> _TASK REQUIREMENTS_:
Among the entries below, find the lines holding "Global" and copy them.

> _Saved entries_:

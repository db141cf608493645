//! The rules of the table of cards.
ghost use Rattle.std.specs.Prelude.{◌≡◌, true, IfOk};
ghost use Rattle.std.specs.List.{list_all};
ghost use Rattle.hotel_rows.specs.Stored.{rows_of, card_row};
ghost use Rattle.hotel_rows.specs.Places.{AreOf};
ghost use Rattle.hotel_rows.specs.RowTests.{card_fits, stay_has_home, links_hold};
ghost use Rattle.hotel_rows.specs.Damage.{card_holds};
ghost use Rattle.hotel_rows.specs.Known.{IsOfRows};
ghost use Rattle.hotel_rows.specs.CodePlaces.{placed_as_due};

use crate::damage::by_key::{Places, card_keys, code_at, index_of, stay_at};
use crate::damage::card_links::{
    all_brought, all_have_lasts, all_have_owners, brought_codes, lasts_of,
};
use crate::damage::codes::stands_at;
use crate::damage::known::Known;
use crate::damage::link_owners::{all_agree, owners_of};
use crate::damage::numbers::{are_numbered, number};
use crate::stored::{PlainCard, Stored};
use keycard_rules::Memory;
use std::alloc::Global;

/// Whether the card's party has a stay, and its codes are neighbours at one room.
fn card_fits(places: &Places, stored: &Stored, card: &PlainCard) -> bool
    requires { AreOf places.now stored.now }
    ensures { result ≡ card_fits (rows_of stored.now) (card_row card.now) }
{
    if stay_at(places, stored, number(card.party)).is_none() {
        return false;
    }
    let new = number(card.new_code);
    let Some(code) = code_at(places, stored, new) else {
        return false;
    };
    stands_at(
        places,
        stored,
        number(code.room),
        number(card.old_code),
        new,
    )
}

/// Whether each card's party has a stay, and its codes are neighbours at one room.
pub(crate) fn cards_fit(places: &Places, stored: &Stored) -> bool
    requires { AreOf places.now stored.now }
    ensures { result ≡ list_all (λ card. card_fits (rows_of stored.now) (card_row card)) stored.now.card.items }
{
    for i in 0..stored.card.len() {
        if !card_fits(places, stored, &stored.card[i]) {
            return false;
        }
    }
    true
}

/// Whether the rules on links hold: whose they are, that each was given, and which are the newest.
fn links_hold(alloc: Global, known: &Known, stored: &Stored) -> Result<bool, Memory>
    requires known { IsOfRows known.now stored.now }
    requires due { list_all (placed_as_due known.now.placed.entries) stored.now.room.items ≡ true }
    requires homes { list_all (stay_has_home stored.now) stored.now.stay.items ≡ true }
    ensures { IfOk result (λ hold. hold ≡ links_hold stored.now) }
{
    let codes = brought_codes(alloc, &stored.card)?;
    let brought = index_of(alloc, &codes)?;
    let lasts = lasts_of(alloc, &stored.card)?;
    let owners = owners_of(alloc, &stored.card)?;
    if !all_agree(&owners, stored) {
        return Ok(false);
    }
    if !all_brought(&brought, &known.fits, stored) {
        return Ok(false);
    }
    if !all_have_owners(&owners, known, stored) {
        return Ok(false);
    }
    Ok(all_have_lasts(known, stored, &lasts))
}

/// Whether the rules of the table of cards hold, where those of the stays and codes do.
pub(crate) fn cards_hold(alloc: Global, known: &Known, stored: &Stored) -> Result<bool, Memory>
    requires known { IsOfRows known.now stored.now }
    requires due { list_all (placed_as_due known.now.placed.entries) stored.now.room.items ≡ true }
    requires homes { list_all (stay_has_home stored.now) stored.now.stay.items ≡ true }
    ensures { IfOk result (λ hold. hold ≡ card_holds stored.now) }
{
    let keys = card_keys(alloc, &stored.card)?;
    if !are_numbered(&keys) {
        return Ok(false);
    }
    if !cards_fit(&known.places, stored) {
        return Ok(false);
    }
    links_hold(alloc, known, stored)
}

> _REPLY TO THE TASK_:
use std::alloc::Global;
fn links_hold(alloc: Global, known: &Known, stored: &Stored) -> Result<bool, Memory>
pub(crate) fn cards_hold(alloc: Global, known: &Known, stored: &Stored) -> Result<bool, Memory>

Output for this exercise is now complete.